• _ENTRIES SUPPLIED_:
----------------------------------------
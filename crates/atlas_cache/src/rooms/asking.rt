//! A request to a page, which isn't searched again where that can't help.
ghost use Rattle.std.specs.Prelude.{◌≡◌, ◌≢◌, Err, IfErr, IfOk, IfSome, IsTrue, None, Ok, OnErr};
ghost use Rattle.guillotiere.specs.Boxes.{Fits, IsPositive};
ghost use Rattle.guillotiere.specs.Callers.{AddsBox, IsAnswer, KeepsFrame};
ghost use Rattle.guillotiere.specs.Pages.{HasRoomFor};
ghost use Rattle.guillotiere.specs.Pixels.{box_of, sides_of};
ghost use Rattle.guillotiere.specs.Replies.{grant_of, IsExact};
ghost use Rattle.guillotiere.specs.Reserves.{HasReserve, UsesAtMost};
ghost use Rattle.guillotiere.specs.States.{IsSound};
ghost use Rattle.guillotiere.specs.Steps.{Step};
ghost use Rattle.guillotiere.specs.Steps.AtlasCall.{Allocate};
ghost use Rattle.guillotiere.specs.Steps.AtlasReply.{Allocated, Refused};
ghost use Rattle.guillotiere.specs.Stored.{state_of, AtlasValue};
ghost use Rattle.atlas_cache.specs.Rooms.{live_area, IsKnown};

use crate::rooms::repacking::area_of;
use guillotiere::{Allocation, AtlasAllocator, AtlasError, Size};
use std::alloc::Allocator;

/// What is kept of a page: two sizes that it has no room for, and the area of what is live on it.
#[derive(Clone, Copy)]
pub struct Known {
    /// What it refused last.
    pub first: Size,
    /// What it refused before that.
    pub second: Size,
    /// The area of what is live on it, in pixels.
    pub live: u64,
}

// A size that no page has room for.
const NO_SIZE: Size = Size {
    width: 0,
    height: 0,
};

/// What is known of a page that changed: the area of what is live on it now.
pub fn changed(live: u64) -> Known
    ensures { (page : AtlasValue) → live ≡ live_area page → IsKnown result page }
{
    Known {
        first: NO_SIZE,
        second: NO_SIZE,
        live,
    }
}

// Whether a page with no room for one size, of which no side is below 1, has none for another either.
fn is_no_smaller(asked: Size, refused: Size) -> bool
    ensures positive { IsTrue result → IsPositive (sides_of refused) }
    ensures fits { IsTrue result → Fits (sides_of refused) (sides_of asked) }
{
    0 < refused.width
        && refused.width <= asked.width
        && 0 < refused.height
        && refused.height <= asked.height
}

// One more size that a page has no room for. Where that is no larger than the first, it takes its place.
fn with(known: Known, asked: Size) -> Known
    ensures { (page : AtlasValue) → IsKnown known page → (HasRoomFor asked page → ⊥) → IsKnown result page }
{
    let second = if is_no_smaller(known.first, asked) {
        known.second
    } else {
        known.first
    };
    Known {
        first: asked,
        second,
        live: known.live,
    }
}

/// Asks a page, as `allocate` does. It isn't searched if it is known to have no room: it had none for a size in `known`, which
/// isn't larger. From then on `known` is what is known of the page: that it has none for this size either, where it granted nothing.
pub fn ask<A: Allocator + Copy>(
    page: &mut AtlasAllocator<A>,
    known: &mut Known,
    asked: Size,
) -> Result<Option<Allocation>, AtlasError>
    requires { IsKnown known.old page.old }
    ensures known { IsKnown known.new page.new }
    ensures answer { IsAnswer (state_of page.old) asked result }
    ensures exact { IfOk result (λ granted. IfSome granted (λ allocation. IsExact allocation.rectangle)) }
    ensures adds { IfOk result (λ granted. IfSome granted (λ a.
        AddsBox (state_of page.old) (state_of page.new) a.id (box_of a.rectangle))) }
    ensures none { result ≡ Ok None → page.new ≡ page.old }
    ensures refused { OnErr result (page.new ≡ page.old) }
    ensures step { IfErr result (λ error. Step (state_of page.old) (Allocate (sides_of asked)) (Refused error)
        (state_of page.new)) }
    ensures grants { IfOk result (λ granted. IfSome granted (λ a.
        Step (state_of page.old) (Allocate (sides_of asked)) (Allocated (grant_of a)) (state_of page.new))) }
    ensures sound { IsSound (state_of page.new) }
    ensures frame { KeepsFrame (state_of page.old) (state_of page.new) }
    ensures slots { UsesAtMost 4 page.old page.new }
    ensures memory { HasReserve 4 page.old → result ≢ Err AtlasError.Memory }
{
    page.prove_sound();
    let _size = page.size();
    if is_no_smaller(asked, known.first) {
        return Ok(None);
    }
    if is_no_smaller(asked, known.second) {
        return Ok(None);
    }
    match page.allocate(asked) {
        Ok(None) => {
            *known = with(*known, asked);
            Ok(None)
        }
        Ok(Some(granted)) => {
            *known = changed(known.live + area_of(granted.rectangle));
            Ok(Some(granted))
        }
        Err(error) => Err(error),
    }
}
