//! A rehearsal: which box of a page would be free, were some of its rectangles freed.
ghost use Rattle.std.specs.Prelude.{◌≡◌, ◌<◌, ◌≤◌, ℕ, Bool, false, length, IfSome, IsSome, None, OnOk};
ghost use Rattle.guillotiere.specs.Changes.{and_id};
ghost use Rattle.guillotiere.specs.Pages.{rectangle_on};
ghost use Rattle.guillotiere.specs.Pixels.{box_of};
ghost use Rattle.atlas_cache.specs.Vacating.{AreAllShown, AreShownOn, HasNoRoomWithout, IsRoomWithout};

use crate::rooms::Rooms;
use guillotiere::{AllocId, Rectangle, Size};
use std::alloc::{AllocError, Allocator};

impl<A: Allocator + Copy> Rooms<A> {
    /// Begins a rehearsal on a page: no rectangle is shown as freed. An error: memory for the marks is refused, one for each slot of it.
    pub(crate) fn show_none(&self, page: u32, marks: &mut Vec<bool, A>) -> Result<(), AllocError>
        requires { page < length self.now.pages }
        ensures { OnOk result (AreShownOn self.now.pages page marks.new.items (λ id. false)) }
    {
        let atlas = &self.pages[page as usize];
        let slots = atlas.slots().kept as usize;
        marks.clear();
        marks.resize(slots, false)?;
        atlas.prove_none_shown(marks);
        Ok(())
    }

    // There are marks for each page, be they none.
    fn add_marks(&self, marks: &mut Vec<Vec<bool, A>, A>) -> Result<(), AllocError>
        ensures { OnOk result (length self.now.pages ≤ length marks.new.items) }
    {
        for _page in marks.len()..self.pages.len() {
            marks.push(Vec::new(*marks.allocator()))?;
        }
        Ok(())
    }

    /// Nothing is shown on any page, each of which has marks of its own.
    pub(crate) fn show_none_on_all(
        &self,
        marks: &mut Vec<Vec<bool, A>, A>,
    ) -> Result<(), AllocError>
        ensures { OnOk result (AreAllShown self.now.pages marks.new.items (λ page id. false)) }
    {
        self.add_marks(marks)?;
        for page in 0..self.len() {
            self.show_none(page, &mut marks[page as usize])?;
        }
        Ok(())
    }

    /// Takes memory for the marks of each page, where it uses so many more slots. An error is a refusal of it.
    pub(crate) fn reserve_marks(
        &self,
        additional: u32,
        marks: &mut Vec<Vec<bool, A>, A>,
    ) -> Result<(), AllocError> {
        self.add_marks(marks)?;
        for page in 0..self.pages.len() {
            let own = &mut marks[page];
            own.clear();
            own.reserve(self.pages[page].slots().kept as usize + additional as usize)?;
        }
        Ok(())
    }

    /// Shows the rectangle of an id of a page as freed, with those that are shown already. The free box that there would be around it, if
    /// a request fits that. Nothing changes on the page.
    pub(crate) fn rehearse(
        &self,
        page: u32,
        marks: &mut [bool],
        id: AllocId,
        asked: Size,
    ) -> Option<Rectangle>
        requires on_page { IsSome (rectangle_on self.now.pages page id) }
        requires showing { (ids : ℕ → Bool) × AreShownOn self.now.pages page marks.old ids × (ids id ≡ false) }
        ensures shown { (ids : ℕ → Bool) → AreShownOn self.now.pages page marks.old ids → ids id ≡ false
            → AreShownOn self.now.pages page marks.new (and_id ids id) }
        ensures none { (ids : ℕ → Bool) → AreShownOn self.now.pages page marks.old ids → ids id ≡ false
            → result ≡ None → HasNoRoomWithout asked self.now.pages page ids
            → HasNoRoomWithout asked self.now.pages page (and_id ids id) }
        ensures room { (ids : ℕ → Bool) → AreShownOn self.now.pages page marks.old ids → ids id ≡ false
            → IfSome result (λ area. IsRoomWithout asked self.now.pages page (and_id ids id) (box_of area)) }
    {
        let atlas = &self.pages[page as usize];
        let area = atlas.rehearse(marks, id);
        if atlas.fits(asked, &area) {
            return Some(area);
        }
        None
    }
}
----------------------------------------
• _PROMPT_: From the entries above, give again exactly the lines running from the line with "UsesAtMost 4 page.old" to the line with "pub(crate) fn show_none(&self, page: u32, marks: &mut"; include both of those lines.

• _TASK ANSWER_:
    ensures slots { UsesAtMost 4 page.old page.new }
    ensures memory { HasReserve 4 page.old → result ≢ Err AtlasError.Memory }
{
    page.prove_sound();
    let _size = page.size();
    if is_no_smaller(asked, known.first) {
        return Ok(None);
    }
    if is_no_smaller(asked, known.second) {
        return Ok(None);
    }
    match page.allocate(asked) {
        Ok(None) => {
            *known = with(*known, asked);
            Ok(None)
        }
        Ok(Some(granted)) => {
            *known = changed(known.live + area_of(granted.rectangle));
            Ok(Some(granted))
        }
        Err(error) => Err(error),
    }
}
//! A rehearsal: which box of a page would be free, were some of its rectangles freed.
ghost use Rattle.std.specs.Prelude.{◌≡◌, ◌<◌, ◌≤◌, ℕ, Bool, false, length, IfSome, IsSome, None, OnOk};
ghost use Rattle.guillotiere.specs.Changes.{and_id};
ghost use Rattle.guillotiere.specs.Pages.{rectangle_on};
ghost use Rattle.guillotiere.specs.Pixels.{box_of};
ghost use Rattle.atlas_cache.specs.Vacating.{AreAllShown, AreShownOn, HasNoRoomWithout, IsRoomWithout};

use crate::rooms::Rooms;
use guillotiere::{AllocId, Rectangle, Size};
use std::alloc::{AllocError, Allocator};

impl<A: Allocator + Copy> Rooms<A> {
    /// Begins a rehearsal on a page: no rectangle is shown as freed. An error: memory for the marks is refused, one for each slot of it.
    pub(crate) fn show_none(&self, page: u32, marks: &mut Vec<bool, A>) -> Result<(), AllocError>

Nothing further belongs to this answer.